В другом письме: «У нас работа заела все – я же должен выполнять в одиночку и организационные, и идеологические функции, а еще вести у них один курс, который тоже надо готовить, а еще в среду у меня зачем-то доклад на конференции в университете Бар-Илан о Чехове и Шолом-Алейхеме, а к докторату я уже пару месяцев как ничего не читаю, просто книжку не открываю, а малой круглосуточно висит виснем на Инке, и поэтому она едва успевает готовить, а вся уборка и покупка на мне, а еще когда я прихожу домой, то малой сразу вешается на меня, чтоб Инка успела хоть чуть-чуть пожить своей жизнью, а пт-сб я просто валяюсь трупиком и смотрю тупо скачанную киношку, ибо ни на что не способен, а тут еще отгремел Инкин 30-ник со всеми гостями и прочими сопутствующими, а еще весна и хандра, плюс понимание, что меня за такое раздолбайство турнут из доктората, и правильно сделают, а ко всему было бы неплохо еще добавить уроки вождения, к которым я страшно боюсь приступать, а время не ждет, так что весело. Это я не жалуюсь, это я факты перечисляю. А так все хорошо – солнышко, цветет все, временами заезжают друзья и вывозят нас то туда, то сюда, а малой растет, и у него уже 3 зуба, и он пробует делать 2-3 шага, но садится на попу, а когда он улыбается – это такой кайф. В общем, жизнь».

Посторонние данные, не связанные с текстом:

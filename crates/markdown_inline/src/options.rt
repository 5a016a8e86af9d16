//! Options that more than one program or test runs with.
use markdown_content::configuration::{self, ParseOptions};

/// All constructs, and each other setting by default: what the words `gfm` and `math` ask of the program.
pub const ALL_CONSTRUCTS: ParseOptions = ParseOptions {
    constructs: configuration::ALL_CONSTRUCTS,
    gfm_strikethrough_single_tilde: true,
    math_text_single_dollar: true,
    attention_first_lengths: false,
    label_shortcut_before_bracket: false,
    commonmark: false,
    html_references: false,
};
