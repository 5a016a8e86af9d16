//! Ends of labels (CommonMark 6.3 and 6.4, and footnote calls). The states are those of `markdown_label`, with resources and references; the
//! pass `resolve`, which groups labels, is that of `markdown_label_pass`.
//!
//!     label_end ::= ']' (resource | full | collapsed)?
//!
//! The modules `label_end` and `resource` there have the grammar of the parts, and the events of the states.
//!
//! Events, after the pass:
//!
//!     Link, Image or GfmFootnoteCall
//!       Label
//!         LabelLink, LabelImage or GfmFootnoteCallLabel
//!         LabelText
//!         LabelEnd
//!       Resource or Reference      where one follows
//!
//! Example: `[a](b)`, `![a][b]` and `[^a]`.
//!
//! Definition: `label_end` in `markdown_model/specs/LabelEnd.antt`, and `labels_of` in `Passes.antt` for the pass.

pub use markdown_label::label_end::{
    after, nok, ok, reference_collapsed, reference_collapsed_open, reference_full,
    reference_full_after, reference_full_missing, reference_not_full, resource_before,
    resource_between, resource_destination_after, resource_destination_missing, resource_end,
    resource_open, resource_start, resource_title_after, start,
};
pub use markdown_label_pass::label_groups::resolve;
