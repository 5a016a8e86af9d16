//! The program: it reads a content, and prints the events of its inline tree.
ghost use Rattle.std.specs.Prelude.{◌≡◌, ◌↔◌, ◌≤◌, ◌⊎◌, ◌∷◌, [], false, true, length, IfOk, IfErr, IfSome, OnOk, IsErrOf, IsUtf8, map, string_bytes, Some, codes};
ghost use Rattle.std.specs.IoError.{error_kind};
ghost use Rattle.markdown_content.specs.Content.{IsContent, document_limit};
ghost use Rattle.markdown_program.specs.declared.program.Fault.TheVariants.{OutOfMemory, Read, Write, Usage, NotText, BlankLine};
ghost use Rattle.markdown_program.specs.ProgramStatuses.{status_of, fault_of};
ghost use Rattle.markdown_program.specs.ProgramWords.{are_known, reads_text, MayRead, IsTextDocument, whole_piece, without_line_ending, options_of, defined_by};
ghost use Rattle.markdown_program.specs.ProgramOutput.{found_events, printed};
ghost use Rattle.markdown_program.specs.PrintedLines.{lines_of};
ghost use Rattle.std.specs.Io.KnownBytes.{Appends};

use crate::lines::lines_of_list;
use crate::words::{are_known, defined_by, drop_line_ending, has, options_of, reads_text};
use markdown_content::configuration::ParseOptions;
use markdown_content::content::DOCUMENT_LIMIT;
use markdown_content::parser::{ParseState, Piece};
use markdown_run::run::{self, ListRun};
use std::alloc::{AllocError, Global};
use std::io::{self, ErrorKind, Read, Write};

/// Why a run of the program ends without its output, or without all of it.
#[derive(Clone, Copy)]
enum Fault {
    /// The first word is missing, or a word is not known.
    Usage,
    /// The input is not UTF-8.
    NotText,
    /// A line of a text is blank.
    BlankLine,
    /// Memory was refused.
    OutOfMemory,
    /// The input cannot be read, or is too long.
    Read,
    /// The output cannot be written.
    Write,
}

impl Fault {
    // The status that the program ends with.
    fn status(self) -> u8
        ensures status { result ≡ status_of self }
        ensures listed { (2 ≤ result) × (result ≤ 6) }
    {
        match self {
            Fault::Usage => 2,
            Fault::NotText => 3,
            Fault::BlankLine => 4,
            Fault::OutOfMemory => 5,
            Fault::Read | Fault::Write => 6,
        }
    }

    // What is printed about it.
    fn message(self) -> &'static str {
        match self {
            Fault::Usage => {
                "usage: mdinline text|string [gfm] [math] [task] [label=TEXT].. [note=TEXT].."
            }
            Fault::NotText => "input is not UTF-8",
            Fault::BlankLine => "blank line in text",
            Fault::OutOfMemory => "out of memory",
            Fault::Read => "read failed",
            Fault::Write => "write failed",
        }
    }
}

impl From<AllocError> for Fault {
    ghost from_gives = { λ _ e. e ≡ OutOfMemory };

    fn from(_error: AllocError) -> Fault {
        Fault::OutOfMemory
    }
}

// The fault that an error of a reader or a writer is: refused memory is that wherever it comes.
fn fault_of(error: &io::Error, otherwise: Fault) -> Fault
    ensures { result ≡ fault_of (error_kind error.now) otherwise }
{
    match error.kind() {
        ErrorKind::OutOfMemory => Fault::OutOfMemory,
        _ => otherwise,
    }
}

// Reads all that there is.
fn read_all<R: Read>(alloc: Global, reader: &mut R) -> Result<Vec<u8>, Fault>
    ensures bytes { IfOk result (λ bytes. IfSome (R.remaining reader.old) (λ xs. bytes.items ≡ xs)) }
    ensures faults { IfErr result (λ fault. (fault ≡ OutOfMemory) ⊎ (fault ≡ Read)) }
{
    let mut bytes = Vec::new(alloc);
    match reader.read_to_end(&mut bytes) {
        Ok(_) => Ok(bytes),
        Err(error) => Err(fault_of(&error, Fault::Read)),
    }
}

// Reads a document, and drops one final line ending.
fn read_document<R: Read>(alloc: Global, reader: &mut R) -> Result<Vec<u8>, Fault>
    ensures fits { IfOk result (λ bytes. length bytes.items ≤ document_limit) }
    ensures bytes { IfOk result (λ bytes. IfSome (R.remaining reader.old) (λ xs. bytes.items ≡ without_line_ending xs)) }
    ensures faults { IfErr result (λ fault. (fault ≡ OutOfMemory) ⊎ (fault ≡ Read)) }
{
    let mut bytes = read_all(alloc, reader)?;
    drop_line_ending(&mut bytes);
    if bytes.len() > DOCUMENT_LIMIT {
        return Err(Fault::Read);
    }
    Ok(bytes)
}

// The piece of a whole document, which is a content.
fn whole_document(bytes: &[u8]) -> Piece
    requires text { IsUtf8 bytes.now }
    requires fits { length bytes.now ≤ document_limit }
    ensures whole { result ≡ whole_piece bytes.now }
    ensures content { IsContent bytes.now (result ∷ []) }
{
    Piece {
        start: (0, 0),
        end: (bytes.len(), 0),
    }
}

// What is found in the document of this parse state, which is UTF-8. The parse state is what the words ask for.
fn found_by(alloc: Global, words: &[String], parse_state: &ParseState) -> Result<ListRun, Fault>
    requires text { IsUtf8 parse_state.now.bytes.now }
    requires fits { length parse_state.now.bytes.now ≤ document_limit }
    requires options { parse_state.now.options.now ≡ options_of words.now }
    requires labels { map string_bytes parse_state.now.definitions.items ≡ defined_by (codes "label=") words.now }
    requires notes { map string_bytes parse_state.now.gfm_footnote_definitions.items ≡ defined_by (codes "note=") words.now }
    ensures events { IfOk result (λ run. run.events ≡ found_events words.now parse_state.now.bytes.now) }
    ensures text { IfOk result (λ _. reads_text words.now ≡ true → IsTextDocument parse_state.now.bytes.now) }
    ensures faults { IfErr result (λ fault. (fault ≡ OutOfMemory) ⊎ (fault ≡ BlankLine)) }
    ensures blank_line { IfErr result (λ fault.
        fault ≡ BlankLine → (reads_text words.now ≡ true) × (IsTextDocument parse_state.now.bytes.now → ⊥)) }
{
    let pieces = [whole_document(parse_state.bytes)];
    if !reads_text(words) {
        return Ok(run::string_list(alloc, parse_state, &pieces)?);
    }
    if !run::is_text(parse_state.bytes, &pieces) {
        return Err(Fault::BlankLine);
    }
    Ok(run::text_list(alloc, parse_state, &pieces, has(words, "task"))?)
}

// What is found in this document, which is UTF-8.
fn found_in(alloc: Global, words: &[String], bytes: &[u8]) -> Result<ListRun, Fault>
    requires text { IsUtf8 bytes.now }
    requires fits { length bytes.now ≤ document_limit }
    ensures events { IfOk result (λ run. run.events ≡ found_events words.now bytes.now) }
    ensures text { IfOk result (λ _. reads_text words.now ≡ true → IsTextDocument bytes.now) }
    ensures faults { IfErr result (λ fault. (fault ≡ OutOfMemory) ⊎ (fault ≡ BlankLine)) }
    ensures blank_line { IfErr result (λ fault. fault ≡ BlankLine → (reads_text words.now ≡ true) × (IsTextDocument bytes.now → ⊥)) }
{
    let options = options_of(words);
    let parse_state = ParseState {
        bytes,
        options: &options,
        definitions: defined_by(alloc, "label=", words)?,
        gfm_footnote_definitions: defined_by(alloc, "note=", words)?,
    };
    found_by(alloc, words, &parse_state)
}

// Makes the whole output for a document of these bytes.
fn output_of(alloc: Global, words: &[String], bytes: &[u8]) -> Result<Vec<u8>, Fault>
    requires fits { length bytes.now ≤ document_limit }
    ensures lines { IfOk result (λ text. text.items ≡ lines_of (found_events words.now bytes.now)) }
    ensures reads { IfOk result (λ _. MayRead words.now bytes.now) }
    ensures usage { IfErr result (λ fault. fault ≡ Usage → ⊥) }
    ensures not_text { IfErr result (λ fault. fault ≡ NotText → IsUtf8 bytes.now → ⊥) }
    ensures blank_line { IfErr result (λ fault. fault ≡ BlankLine → (reads_text words.now ≡ true) × (IsTextDocument bytes.now → ⊥)) }
{
    if str::from_utf8(bytes).is_err() {
        return Err(Fault::NotText);
    }
    let found = found_in(alloc, words, bytes)?;
    Ok(lines_of_list(alloc, &found.events.as_slice())?)
}

// Reads, runs, and makes the whole output.
fn make_output<R: Read>(alloc: Global, words: &[String], reader: &mut R) -> Result<Vec<u8>, Fault>
    ensures usage { IsErrOf result Usage ↔ are_known words.now ≡ false }
    ensures lines { IfOk result (λ text. IfSome (R.remaining reader.old) (λ xs. text.items ≡ printed words.now xs)) }
    ensures reads { IfOk result (λ _. IfSome (R.remaining reader.old) (λ xs. MayRead words.now (without_line_ending xs))) }
    ensures not_text { IfErr result (λ fault. fault ≡ NotText → IfSome (R.remaining reader.old) (λ xs. IsUtf8 (without_line_ending xs) → ⊥)) }
    ensures blank_line { IfErr result (λ fault. fault ≡ BlankLine
        → (reads_text words.now ≡ true) × IfSome (R.remaining reader.old) (λ xs. IsTextDocument (without_line_ending xs) → ⊥)) }
{
    if !are_known(words) {
        return Err(Fault::Usage);
    }
    let bytes = read_document(alloc, reader)?;
    output_of(alloc, words, bytes.as_slice())
}

// Writes all of a text, and hands it on.
fn write_text<W: Write>(out: &mut W, text: &[u8]) -> Result<(), Fault>
    ensures written { OnOk result (Appends (W.contents out.old) (W.contents out.new) text.now) }
    ensures faults { IfErr result (λ fault. (fault ≡ OutOfMemory) ⊎ (fault ≡ Write)) }
{
    let mut written = out.write_all(text);
    if written.is_ok() {
        written = out.flush();
    }
    match &written {
        Ok(()) => Ok(()),
        Err(error) => Err(fault_of(error, Fault::Write)),
    }
}

// Makes the output, and writes it.
fn print_output<R: Read, W: Write>(
    alloc: Global,
    words: &[String],
    reader: &mut R,
    out: &mut W,
) -> Result<(), Fault>
    ensures usage { IsErrOf result Usage ↔ are_known words.now ≡ false }
    ensures lines { OnOk result (IfSome (R.remaining reader.old) (λ xs. Appends (W.contents out.old) (W.contents out.new) (printed words.now xs))) }
    ensures reads { IfOk result (λ _. IfSome (R.remaining reader.old) (λ xs. MayRead words.now (without_line_ending xs))) }
    ensures not_text { IfErr result (λ fault. fault ≡ NotText → IfSome (R.remaining reader.old) (λ xs. IsUtf8 (without_line_ending xs) → ⊥)) }
    ensures blank_line { IfErr result (λ fault. fault ≡ BlankLine
        → (reads_text words.now ≡ true) × IfSome (R.remaining reader.old) (λ xs. IsTextDocument (without_line_ending xs) → ⊥)) }
    ensures quiet { IfErr result (λ fault. (fault ≡ Usage) ⊎ ((fault ≡ NotText) ⊎ (fault ≡ BlankLine)) → out.new ≡ out.old) }
{
    let text = make_output(alloc, words, reader)?;
    write_text(out, text.as_slice())
}

/// Runs the program: reads a document, and prints the events of its inline tree, a line an event. Answers the status that it ends with.
///
/// The words are a mode, `text` or `string`, and any of `gfm`, `math`, `task`, `cm-lengths`, `cm-shortcut`, `html-references`, `commonmark`,
/// `label=TEXT` and `note=TEXT`. One final line ending of the document is dropped. The status is 0, or 2 for words that are not known, 3 for a
/// document that is not UTF-8, 4 for a text with a blank line, 5 where memory is refused, 6 where reading or writing fails or the document is
/// longer than an eighth of `usize::MAX`; a line on `err` says which. The whole output is made before any of it is written.
pub fn run<R: Read, W: Write, E: Write>(
    alloc: Global,
    words: &[String],
    reader: &mut R,
    out: &mut W,
    err: &mut E,
) -> u8
    ensures usage { result ≡ 2 ↔ are_known words.now ≡ false }
    ensures lines { result ≡ 0 → IfSome (R.remaining reader.old) (λ bytes. Appends (W.contents out.old) (W.contents out.new) (printed words.now bytes)) }
    ensures reads { result ≡ 0 → IfSome (R.remaining reader.old) (λ bytes. MayRead words.now (without_line_ending bytes)) }
    ensures not_text { result ≡ 3 → IfSome (R.remaining reader.old) (λ bytes. IsUtf8 (without_line_ending bytes) → ⊥) }
    ensures blank_line { result ≡ 4
        → (reads_text words.now ≡ true) × IfSome (R.remaining reader.old) (λ bytes. IsTextDocument (without_line_ending bytes) → ⊥) }
    ensures quiet { (result ≡ 2) ⊎ ((result ≡ 3) ⊎ (result ≡ 4)) → out.new ≡ out.old }
    ensures silent { result ≡ 0 → err.new ≡ err.old }
    ensures listed { (result ≡ 0) ⊎ ((2 ≤ result) × (result ≤ 6)) }
{
    match print_output(alloc, words, reader, out) {
        Ok(()) => 0,
        Err(fault) => end_with(fault, err),
    }
}

/// Ends the program where its words cannot be read, by the error that came. Answers the status: 5 where memory was refused, or else 2; a line
/// on `err` says which.
pub fn run_without_words<E: Write>(error: &io::Error, err: &mut E) -> u8
    ensures { result ≡ status_of (fault_of (error_kind error.now) Usage) }
{
    end_with(fault_of(error, Fault::Usage), err)
}

// Tells what went wrong, and answers the status that the program ends with.
fn end_with<E: Write>(fault: Fault, err: &mut E) -> u8
    ensures status { result ≡ status_of fault }
    ensures listed { (2 ≤ result) × (result ≤ 6) }
{
    let _ = writeln!(err, "mdinline: {}", fault.message());
    fault.status()
}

«Сто пятьдесят чужих стихов на мониторе…» – так называлось стихотворение, которое Влад прочел на последнем, шестом Ташкентском фестивале поэзии в октябре 2009-го, в свой последний ташкентский приезд. Прочел с легкой грустью – хотя Влад, казалось, вообще не умел грустить, не его это был жанр. Ну, легкая национальная печалинка во взгляде, а так – удивительно светлое, деятельное отношение к жизни, ко всему…
Ну вот, я опять срываюсь на воспоминания, хотя обещал о стихах.
Стихов стало меньше – но это было естественно; наступало – и у него, и у нас всех – время, когда «года к суровой прозе клонят». Он стал больше выступать как прозаик – не менее интересный, чем поэт, и, возможно, обещавший большего. Впрочем, нужно все собрать. Все, что осталось. Собрать, прочитать, по возможности – издать.
Как писала Лидия Гинзбург: «Смерть неимоверно повышает долю историчности в нашем переживании человеческой судьбы. Человек, которого мы плохо видим оттого, что стоим с ним рядом, вдруг, в некоторый неуследимо короткий момент, резко отодвигается и занимает место среди исторических, ретроспективно обозримых явлений: как все отдаленные предметы, он, в отличие от близких, виден уже не по частям, а сразу в системе».
Завершаю этой цитатой, поскольку сам найти слова для завершения не могу. Еще не отболело.